Unnamed: 0,Home,Away,Over Prediction,Under Prediction,Result Prediction,BTS Prediction
0,Crystal Palace,Tottenham,Over 0,Under 4.5,No result,No result
1,Chelsea,Brentford,Over 0,Under 3.5,No result,No result
2,Bournemouth,Burnley,Over 0,Under 3.5,No result,No result
3,Arsenal,Sheffield Utd,Over 0.5,Under 5.5,Home does not lose,No result
4,Wolves,Newcastle Utd,Over 2.5,Under 5.5,Home wins,No result
5,West Ham,Everton,Over 0.5,Under 5.5,No result,No result
6,Liverpool,Nott'ham Forest,Over 0,Under 5.5,Home does not lose,No result
7,Brighton,Fulham,Over 0,Under 5.5,Home does not lose,No result
8,Aston Villa,Luton Town,Over 1.5,Under 5.5,Home wins,No result
9,Manchester Utd,Manchester City,Over 0,Under 4.5,No result,No result


## Conclusion

In this project, we embarked on a mystical journey into the realm of football analytics, leveraging data extracted from the esteemed website fbref.com.
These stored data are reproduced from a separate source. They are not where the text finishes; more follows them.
ghost use Rattle.std.specs.Prelude.{◌≡◌, ◌<◌, ◌≤◌, ◌+◌, ◌^◌, List, ◌++◌, length, IfOk, IsOk};
ghost use Rattle.pc_model.specs.declared.tree.TreeNode.{TreeNode};
ghost use Rattle.pc_program_bound.specs.Sums.{nat_at};
ghost use Rattle.pc_program_bound.specs.SplitTrees.{nodes_from};
ghost use Rattle.pc_frontier.specs.Boxes.{Grown, root_of, size_of, IsTree, AreGrown};
ghost use Rattle.pc_branch.specs.Grown.{proof_of};
ghost use Rattle.pc_branch.specs.Ends.{AreSplitsKnown};
ghost use Rattle.pc_branch.specs.Spelled.{AreSized, leaf_node, IsSplitNode, IsNodeAt, children_of, IsSpelling};

use crate::visited::{Known, Visited};
use pc_frontier::Frontier;
use pc_list::Seq;
use pc_model::{Tree, TreeNode};
use pc_num::Memory;
use std::alloc::Global;

/// What was written, and the numbers of the nodes that come next, the next one last.
#[derive(Debug, Drop)]
struct Spelling {
    written: Seq<TreeNode>,
    stack: Vec<u32>,
}

/// The tree of a search in preorder, with the multipliers of its leaves.
pub(crate) fn tree_of(
    alloc: Global,
    frontier: &Frontier,
    visited: &[Visited],
) -> Result<Tree, Memory>
    requires long { length visited.now ≡ length frontier.now.nodes }
    requires few { length visited.now ≤ 100_000 }
    ensures { IfOk result (λ tree. (g : Grown) → IsTree frontier.now.nodes g → AreSplitsKnown visited.now g → tree.nodes ≡ nodes_from 0 (proof_of visited.now g)) }
{
    let sizes = sizes_of(alloc, frontier, visited.len())?;
    let mut spelling = Spelling {
        written: Seq::new(alloc),
        stack: vec![in alloc; 0]?,
    };
    for _ in 0..visited.len() {
        spelling = with_next(frontier, visited, sizes.as_slice(), spelling)?;
    }
    Ok(Tree {
        nodes: spelling.written,
    })
}

/// How many nodes the tree below each node has, itself among them. Children stand after their parents.
fn sizes_of(alloc: Global, frontier: &Frontier, count: usize) -> Result<Vec<u32>, Memory>
    requires { count ≡ length frontier.now.nodes }
    ensures { IfOk result (λ sizes. AreSized frontier.now.nodes sizes.items 0) }
{
    let mut sizes = vec![in alloc; 0; count]?;
    for place in (0..count).rev() {
        let size = size_at(frontier, place, sizes.as_slice())?;
        sizes[place] = size;
    }
    Ok(sizes)
}

/// The size of the tree below a node, where those of the later nodes are known.
fn size_at(frontier: &Frontier, place: usize, sizes: &[u32]) -> Result<u32, Memory>
    requires there { place < length frontier.now.nodes }
    requires later { AreSized frontier.now.nodes sizes.now (place + 1) }
    ensures { IfOk result (λ size. (g : Grown) → AreGrown frontier.now.nodes g → root_of g ≡ place → size ≡ size_of g) }
{
    let node = number(place)?;
    match frontier.first_child(node) {
        None => Ok(1),
        Some(first) => {
            let less = size_in(sizes, first as usize);
            let more = size_in(sizes, first as usize + 1);
            number(1 + less as usize + more as usize)
        }
    }
}

/// The size that is noted for a node, or 0 where it is none.
fn size_in(sizes: &[u32], place: usize) -> u32
    ensures { result ≡ nat_at sizes.now place }
{
    match sizes.get(place) {
        Some(size) => *size,
        None => 0,
    }
}

/// With the next node written, and its children on the stack; as it was where no node comes next.
fn with_next(
    frontier: &Frontier,
    visited: &[Visited],
    sizes: &[u32],
    spelling: Spelling,
) -> Result<Spelling, Memory>
    requires long { length visited.now ≡ length frontier.now.nodes }
    requires few { length spelling.written ≤ 100_000 }
    requires sized { AreSized frontier.now.nodes sizes.now 0 }
    ensures grown { IfOk result (λ after. length after.written ≤ length spelling.written + 1) }
    ensures spelled { IfOk result (λ after. (whole : List TreeNode) → IsSpelling frontier.now.nodes visited.now whole spelling.written spelling.stack.items → IsSpelling frontier.now.nodes visited.now whole after.written after.stack.items) }
    ensures longer { IfOk result (λ after. (whole : List TreeNode) → IsSpelling frontier.now.nodes visited.now whole spelling.written spelling.stack.items → length spelling.written < length whole → length after.written ≡ length spelling.written + 1) }
{
    let Spelling {
        mut written,
        mut stack,
    } = spelling;
    let Some(next) = stack.pop() else {
        return Ok(Spelling { written, stack });
    };
    let Some(visit) = visited.get(next as usize) else {
        return Ok(Spelling { written, stack });
    };
    let first = frontier.first_child(next);
    let node = node_at(visit, first, written.len(), sizes)?;
    let stack = with_children(stack, first)?;
    written.push(node)?;
    Ok(Spelling { written, stack })
}

/// The node of a visit, which is a split where it has a first child.
fn node_at(
    visit: &Visited,
    first: Option<u32>,
    place: usize,
    sizes: &[u32],
) -> Result<TreeNode, Memory>
    requires { place ≤ 100_000 }
    ensures { IfOk result (IsNodeAt visit.now first place sizes.now) }
{
    match first {
        None => leaf_node(visit),
        Some(first) => split_node(visit, place, size_in(sizes, first as usize)),
    }
}

/// The leaf of a visit: its multipliers show that nothing is in the box, or a bound.
fn leaf_node(visit: &Visited) -> Result<TreeNode, Memory>
    ensures { IfOk result (λ node. node ≡ leaf_node visit.now) }
{
    let mult = visit.mult.clone()?;
    match visit.known {
        Known::Nothing => Ok(TreeNode::Void { mult }),
        _ => Ok(TreeNode::Bound { mult }),
    }
}

/// The split of a visit. The nodes of its first tree, which has a size, stand behind it.
fn split_node(visit: &Visited, place: usize, size: u32) -> Result<TreeNode, Memory>
    requires { place ≤ 100_000 }
    ensures { IfOk result (IsSplitNode visit.now.known place size) }
{
    match visit.known {
        Known::Parted { cell, at } => {
            let less = number(place + 1)?;
            let more = number(place + 1 + size as usize)?;
            Ok(TreeNode::Split {
                cell,
                at,
                less,
                more,
            })
        }
        _ => leaf_node(visit),
    }
}

/// With both children of a node that is split, the first one on top.
fn with_children(stack: Vec<u32>, first: Option<u32>) -> Result<Vec<u32>, Memory>
    ensures { IfOk result (λ after. after.items ≡ stack.items ++ children_of first) }
{
    let Some(first) = first else {
        return Ok(stack);
    };
    let mut stack = stack;
    let second = number(first as usize + 1)?;
    stack.push(second)?;
    stack.push(first)?;
    Ok(stack)
}

// A count as the number of a node; more nodes than numbers would want too much memory.
fn number(count: usize) -> Result<u32, Memory>
    ensures same { IfOk result (λ number. number ≡ count) }
    ensures given { count < 2 ^ 32 → IsOk result }
{
    u32::try_from(count).map_err(|_| Memory)
}
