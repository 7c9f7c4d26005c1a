ghost use Rattle.std.specs.Prelude.{◌≡◌, ◌≤ℤ◌, ◌<◌, ℤ, pos, length, All, MatchOption, IfOk};
ghost use Rattle.pc_model.specs.declared.tree.Mult.{Mult};
ghost use Rattle.std.specs.Int.{int_div_euclid};
ghost use Rattle.pc_program_bound.specs.Allocation.{IsProgram, IsBox};
ghost use Rattle.pc_program_bound.specs.Bound.{IsFit, IsMultiplier, bound_of};
ghost use Rattle.pc_simplex_tableau.specs.Point.{vertex, IsRelaxation};
ghost use Rattle.pc_simplex.specs.Vertices.{IsVertex, IsFitMult, count_at};
ghost use Rattle.pc_branch.specs.Grown.{IsVisited};
ghost use Rattle.pc_branch.specs.Visits.{HasCounts, IsPartingVisit};

use crate::point::{first_broken, rounded, whole_counts};
use crate::visited::{Known, Visited};
use pc_list::Seq;
use pc_model::Mult;
use pc_num::{Frac, Memory};
use pc_program_bound::{Program, dual_bound};
use pc_simplex::{Relaxed, relax};
use std::alloc::Global;

/// A node as its box was visited, with the counts of its point where that is whole.
#[derive(Debug, Drop)]
pub(crate) struct Visit {
    pub node: Visited,
    pub counts: Option<Seq<u64>>,
}

/// What the relaxation of a box says. Where its steps end in no point, the multipliers and the bound are those given.
pub(crate) fn visit_box(
    alloc: Global,
    p: &Program,
    floor: &[u64],
    cap: &[u64],
    above: &Mult,
    limit: i128,
) -> Result<Visit, Memory>
    requires program { IsProgram p.now }
    requires inside { IsBox p.now floor.now cap.now }
    requires gains { All IsFit p.now.gain }
    requires fits { IsFitMult above.now }
    ensures visited { IfOk result (λ v. IsVisited p.now above.now limit floor.now cap.now v.node) }
    ensures counts { IfOk result (λ v. HasCounts p.now floor.now cap.now v) }
{
    match relax(alloc, p, floor, cap)? {
        Relaxed::Vertex { point, mult } => at_vertex(alloc, p, floor, cap, point.as_slice(), mult),
        Relaxed::Void { mult } => Ok(visit_of(Known::Nothing, mult, 0, None)),
        Relaxed::Wide { steps: _ } => halted(above, limit),
        Relaxed::Stalled { steps: _ } => halted(above, limit),
    }
}

fn visit_of(known: Known, mult: Mult, bound: i128, counts: Option<Seq<u64>>) -> Visit
    ensures { result ≡ record { node = record { known = known; mult = mult; bound = bound }; counts = counts } }
{
    Visit {
        node: Visited { known, mult, bound },
        counts,
    }
}

/// What a box says whose steps end in no point.
fn halted(above: &Mult, limit: i128) -> Result<Visit, Memory>
    ensures { IfOk result (λ v. v ≡ record { node = record { known = Known.Stuck; mult = above.now; bound = limit }; counts = None }) }
{
    let mult = above.clone()?;
    Ok(visit_of(Known::Stuck, mult, limit, None))
}

/// What a box says whose steps end in a point.
fn at_vertex(
    alloc: Global,
    p: &Program,
    floor: &[u64],
    cap: &[u64],
    point: &[Frac],
    mult: Mult,
) -> Result<Visit, Memory>
    requires program { IsProgram p.now }
    requires inside { IsBox p.now floor.now cap.now }
    requires relaxed { IsRelaxation p.now floor.now cap.now (vertex point.now mult) }
    requires vertex { IsVertex p.now floor.now cap.now point.now mult }
    requires fits { IsFitMult mult }
    ensures visited { (above : Mult) (limit : ℤ) → IfOk result (λ v. IsVisited p.now above limit floor.now cap.now v.node) }
    ensures counts { IfOk result (λ v. HasCounts p.now floor.now cap.now v) }
{
    let bound = bound_of(p, floor, cap, &mult);
    let Some(cell) = first_broken(point) else {
        let counts = whole_counts(alloc, point)?;
        return Ok(visit_of(Known::Whole, mult, bound, Some(counts)));
    };
    parted(point, cell, mult, bound)
}

/// The bound of multipliers whose width fits.
pub(crate) fn bound_of(p: &Program, floor: &[u64], cap: &[u64], mult: &Mult) -> i128
    requires program { IsProgram p.now }
    requires inside { IsBox p.now floor.now cap.now }
    requires by { IsMultiplier p.now mult.now }
    requires fits { All IsFit mult.now.by }
    ensures { result ≡ bound_of p.now floor.now cap.now mult.now }
{
    match dual_bound(p, floor, cap, mult) {
        Some(bound) => bound,
        None => unreachable!(),
    }
}

/// What a box says whose point is not whole at a cell.
fn parted(point: &[Frac], cell: usize, mult: Mult, bound: i128) -> Result<Visit, Memory>
    requires there { cell < length point.now }
    requires positive { pos 1 ≤ℤ (count_at point.now cell).den }
    requires low { pos 0 ≤ℤ int_div_euclid (count_at point.now cell).num (count_at point.now cell).den }
    requires high { int_div_euclid (count_at point.now cell).num (count_at point.now cell).den ≤ℤ pos 1_000_000_000 }
    ensures { IfOk result (IsPartingVisit point.now cell mult bound) }
{
    let at = rounded(&point[cell]);
    let Ok(cell) = u32::try_from(cell) else {
        return Err(Memory);
    };
    Ok(visit_of(Known::Parted { cell, at }, mult, bound, None))
}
We began by extracting statistical tables and fixture data for various renowned football leagues across the globe, focusing specifically on the English Premier League. By diving into the code, we comprehensively computed a range of crucial metrics, including team attacking and defensive strengths, league average goals, and team goal expectancies. Employing advanced statistical methodologies such as the Poisson distribution, we conjured forth a myriad of intriguing predictions, including over/under predictions, match results, and both teams to score (BTS) forecasts.
> Through this magical journey, we unearthed valuable insights that illuminated the mystical depths of football analytics, unraveling the enigmatic tapestry of the beautiful game.

> However, the unpredictability of football results is the essence of the sport, defying any attempts to fully forecast the outcomes, adding to the allure and magic of the game.